并州的春天来得迟,三月仍有残雪。晋阳原为赵国之都,宫室虽不及洛阳恢弘,却也殿宇连绵。曹操将天子刘协安置于原赵王宫中,改名“永安宫”,实则软禁。
这日,曹操在新建的丞相府召见司马懿、程昱、荀攸。
府邸依山而建,堂后即是峭壁,易守难攻。堂中燃着松木,烟气缭绕,映得众人面目明暗不定。
“徐康在洛阳免赋税、赈孤寡,收买人心。”程昱将一份密报掷于案上,“更可虑者,其改官制、行科举之议,已传至并州。太原王氏、裴氏、卫氏诸族,皆派人赴洛阳打探虚实。
司马懿为曹操斟茶,缓声道:“徐康此策,实为掘世家根基。然其高明处在于‘温水煮蛙’——先在三州试点,予世家转型之机。若成,十年后天下英才尽入其彀中,我等再难抗衡。”
“仲达可有对策?”曹操独目精光闪烁。
“二策。”司马懿伸出两指,“其一,抢先改制。明公可奏请天子,在并州行‘九品中正制’——各郡设中正官,品评士人,分九等录用。此制看似给世家特权,实则将选官权收归州牧。如此,并州世家必拥戴明公。

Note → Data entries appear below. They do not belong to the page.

impl<P: Prefix + Drop, T: Drop> PrefixMap<P, T> {
    /// Stores the value at the key, and returns the old value. If the key is stored, it does not allocate and never fails.
    ///
    /// # Errors
    /// - `Memory`: an allocation fails, or one more entry or node can't be counted. The map is unchanged, and the value is returned.
    ///
    /// # Examples
    /// ```rust
    /// assert!(rt; matches!(map.insert(wide, 1), Ok(None)));
    /// assert!(rt; matches!(map.insert(wide, 3), Ok(Some(1))));
    /// ```
    pub fn insert(&mut self, prefix: P, value: T) -> Result<Option<T>, (Refused, T)>
        requires { IsTrue (P.fits prefix) }

        // On success `value` is stored, and the old value is returned.
        ensures old { IfOk result (λ old. old ≡ map.get self.old.entries (P.bits prefix)) }
        ensures map { OnOk result (self.new.entries ≡ map.insert self.old.entries (P.bits prefix) value) }

        // On success no node on the path of the key is spare any more; other spare nodes stay, and a tidy map stays tidy.
        ensures spares { OnOk result (self.new.spares ≡ off_way self.old.spares (P.bits prefix)) }
        ensures kept { OnOk result (IsSome (map.get self.old.entries (P.bits prefix)) → self.new.spares ≡ self.old.spares) }
        ensures tidy { OnOk result (self.old.spares ≡ map.empty → self.new.spares ≡ map.empty) }

        // On failure the map is unchanged, the key isn't stored, and `value` is returned; the refusal is never `Full`.
        ensures unchanged { OnErr result (self.new ≡ self.old) }
        ensures absent { OnErr result (map.get self.old.entries (P.bits prefix) ≡ None) }
        ensures full { IfErr result (λ e. e.0 ≡ Full → no_room self.old) }
        ensures value_returned { IfErr result (λ e. e.1 ≡ value) }
    {
        match self.insert_is_leaf(prefix, value) {
            Ok((old, _)) => Ok(old),
            Err(refused) => Err(refused),
        }
    }

    /// Stores the value as `insert` does. Returns the old value, and whether no other key is inside the prefix, as `is_leaf` returns it,
    /// but without its search.
    ///
    /// # Errors
    /// - `Memory`: as in `insert`.
    pub fn insert_is_leaf(&mut self, prefix: P, value: T) -> Result<(Option<T>, bool), (Refused, T)>
        requires { IsTrue (P.fits prefix) }

        // On success `value` is stored; the old value is returned, and whether no key or spare node is strictly inside the prefix.
        ensures old { IfOk result (λ r. r.0 ≡ map.get self.old.entries (P.bits prefix)) }
        ensures leaf { IfOk result (λ r. IsTrue r.1 ↔ (NothingInside self.new.entries (P.bits prefix) × NothingInside self.new.spares (P.bits prefix))) }
        ensures map { OnOk result (self.new.entries ≡ map.insert self.old.entries (P.bits prefix) value) }

        // On success no node on the path of the key is spare any more; other spare nodes stay, and a tidy map stays tidy.
        ensures spares { OnOk result (self.new.spares ≡ off_way self.old.spares (P.bits prefix)) }
        ensures kept { OnOk result (IsSome (map.get self.old.entries (P.bits prefix)) → self.new.spares ≡ self.old.spares) }
        ensures tidy { OnOk result (self.old.spares ≡ map.empty → self.new.spares ≡ map.empty) }

        // On failure the map is unchanged, the key isn't stored, and `value` is returned; the refusal is never `Full`.
        ensures unchanged { OnErr result (self.new ≡ self.old) }
        ensures absent { OnErr result (map.get self.old.entries (P.bits prefix) ≡ None) }
        ensures full { IfErr result (λ e. e.0 ≡ Full → no_room self.old) }
        ensures value_returned { IfErr result (λ e. e.1 ≡ value) }
    {
        let may_grow = self.len < usize::MAX;
        match self
            .root
            .insert(path_of(&prefix), value, may_grow, usize::MAX - self.nodes)
        {
            Ok((old, made, is_leaf)) => {
                self.nodes += made;
                if old.is_none() {
                    self.len += 1;
                }
                Ok((old, is_leaf))
            }
            Err(value) => Err((Refused::Memory, value)),
        }
    }

    /// Removes the entry, and returns its value. Then the last node on the path of the key, and each node above it, is removed while it
    /// has neither values nor children and isn't the root. This happens even if the key isn't stored. Does not allocate.
    ///
    /// # Examples
    /// ```rust
    /// assert_eq!(rt; map.remove(&inner), Some(2));
    /// assert_eq!(rt; map.remove(&inner), None);
    /// ```
    pub fn remove(&mut self, prefix: &P) -> Option<T>
        requires { IsTrue (P.fits prefix.now) }

        // The entry is removed, and its value is returned.
        ensures value { result ≡ map.get self.old.entries (P.bits prefix.now) }
        ensures map { self.new.entries ≡ map.remove self.old.entries (P.bits prefix.now) }

        // Nodes on the path of the key that lead nowhere are removed, and no other spare nodes; a tidy map stays tidy.
        ensures spares { IsPruned (P.bits prefix.now) self.old.spares self.new.entries self.new.spares }
        ensures tidy { self.old.spares ≡ map.empty → self.new.spares ≡ map.empty }

        // The map never has more nodes than before.
        ensures count { nodes self.new.entries + map.len self.new.spares ≤ nodes self.old.entries + map.len self.old.spares }
    {
        let (value, gone) = self.root.remove(path_of(prefix));
        self.nodes -= usize::from(gone);
        if value.is_some() {
            self.len -= 1;
        }
        value
    }

    /// Removes the entry, and returns its value. All nodes are kept. Does not allocate.
    ///
    /// # Examples
    /// In a map with 10.0.0.0/8, and with the value 2 at `inner`, 10.1.0.0/16:
    ///
    /// ```rust
    /// assert_eq!(rt; map.remove_keep_tree(&inner), Some(2));
    /// assert_eq!(rt; map.node_count(), 4);
    /// assert_eq!(rt; map.remove(&inner), None);
    /// assert_eq!(rt; map.node_count(), 2);
    /// ```
    pub fn remove_keep_tree(&mut self, prefix: &P) -> Option<T>
        requires { IsTrue (P.fits prefix.now) }
        ensures value { result ≡ map.get self.old.entries (P.bits prefix.now) }
        ensures map { self.new.entries ≡ map.remove self.old.entries (P.bits prefix.now) }
        ensures spares { IsKept (P.bits prefix.now) self.old.entries self.old.spares self.new.entries self.new.spares }
        ensures count { nodes self.new.entries + map.len self.new.spares ≡ nodes self.old.entries + map.len self.old.spares }
    {
        let value = self.root.remove_keep_tree(path_of(prefix));
        if value.is_some() {
            self.len -= 1;
        }
        value
    }
}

”
荀攸抚掌:“妙!徐康之科举,寒门拥护而世家恨;九品中正,世家得利而寒门怨。两相比较,天下世家必倾向明公。”
“其二呢?”
“联姻。”司马懿声音更低,“明公次子曹彰,年已十六,勇武过人。太原王氏有女,年方十五,才貌双全。若结此姻,则并州第一大族与明公绑为一体。再让子桓(曹丕)娶河东卫氏女,子建(曹植)娶清河崔氏女如此,河北世家尽入彀中。”

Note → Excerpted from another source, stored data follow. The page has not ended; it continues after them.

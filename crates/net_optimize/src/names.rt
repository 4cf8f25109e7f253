//! The names of designs, also of one of which some wires and registers are dropped.

use net_core::design::{Declared, Design};
use std::alloc::{AllocError, Global};

/// One name more.
pub(crate) fn push_name(
    alloc: Global,
    all: &mut Vec<String>,
    name: &str,
) -> Result<(), AllocError> {
    let name = String::from_str(alloc, name)?;
    Ok(all.push(name)?)
}

/// The same names.
pub(crate) fn copied_names(alloc: Global, names: &[String]) -> Result<Vec<String>, AllocError> {
    let mut all = Vec::new(alloc);
    for name in names {
        push_name(alloc, &mut all, name)?;
    }
    Ok(all)
}

/// The names of ports, of what stays of what is declared, and of so many wires. Registers that are dropped lose theirs, and so do the last
/// wires.
pub(crate) fn kept_names(
    alloc: Global,
    design: &Design,
    keep: &[bool],
    wires: usize,
) -> Result<Vec<String>, AllocError> {
    let mut all = Vec::new(alloc);
    let ports = design.ports.len();
    let first_wire = ports.saturating_add(design.declared.len());
    let mut at: usize = 0;
    let mut register: usize = 0;
    for name in &design.names {
        let mut stays = at < first_wire.saturating_add(wires);
        if ports <= at
            && let Some(Declared::Register(_)) = design.declared.get(at.saturating_sub(ports))
        {
            stays = keep.get(register).copied().unwrap_or(false);
            register = register.saturating_add(1);
        }
        if stays {
            push_name(alloc, &mut all, name)?;
        }
        at = at.saturating_add(1);
    }
    Ok(all)
}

程昱却虑:“然并州地瘠民贫,户口不过百万,养兵十万已是极限。若不取冀州,终难与徐康抗衡。”
“冀州?”曹操冷笑,“袁谭、袁熙虽愚,然合兵尚有十余万。更兼刘备在青州虎视眈眈。此时取冀州,必三败俱伤,让徐康坐收渔利。”
他走到舆图前,手指并州以北:“某意在此——上谷郡。”
众人一怔。
“去岁收匈奴降卒两万,皆精于骑射。并州又有良马。”曹操眼中闪着野心,“上谷郡,水草丰美,宜牧宜农。更关键者,此地西连并州,东接幽州,北控大漠。若得上谷郡,我可练十万铁骑,进可图河北,退可守并州。且——”
他顿了顿:“徐康欲西征凉州,我取上谷郡,正可牵制其河套兵力。待其与韩遂、马腾两败俱伤,我再南下关中,则大事可成。”
徐晃热血沸腾:“末将愿为先锋!”
“不急。”曹操摆手,“先按仲达之策,行九品中正,结好世家。同时派细作入上谷郡,联络匈奴残部、鲜卑残部,及乌桓豪帅。待秋高马肥,再一举北上。”
晋阳城贴出告示:天子诏,设“并州中正官”,品评士人,分九等授官。太原王氏家主王凌被聘为大中正,一时间,并州世家子弟纷纷投递行状,争相品评。
同月,曹操次子曹彰迎娶王氏女,婚礼盛大,并州豪族齐聚。曹操当众宣布:“凡九品中正所评上等者,不论门第,皆可入丞相府为吏,或授郡县官职。”
消息传至洛阳,徐康正在批阅各州春耕奏报。
贾诩摇头:“曹操此举,实为与主公争夺士人之心。九品中正,看似公平,实则中正官皆世家出身,品评必偏私。长此以往,寒门永无出头之日。”
“然短期内,并州世家必归心曹操。”法正叹道,“主公,科举之事需加快了。”
徐康却淡然:“让他去争世家。我要的,是天下人心。”
他提笔写下数行字:“传令:在长安、洛阳、襄阳、建邺四地,设‘官立书院’,免费招收十五岁以上、三十岁以下学子,供给食宿。课程除经学外,增算术、律法、地理、农工四科。学成经考核,优异者直接授官。”
顿了顿,又写:“另,颁布《劝学令》:凡农家子入学,家中免赋一年;商人子入学,其家商铺减税一成;军卒子入学,其父升爵一级。”
法正眼睛一亮:“此令一出,寒门、商户、军户必争相送子入学!十年之后,人才辈出,皆出主公门下!”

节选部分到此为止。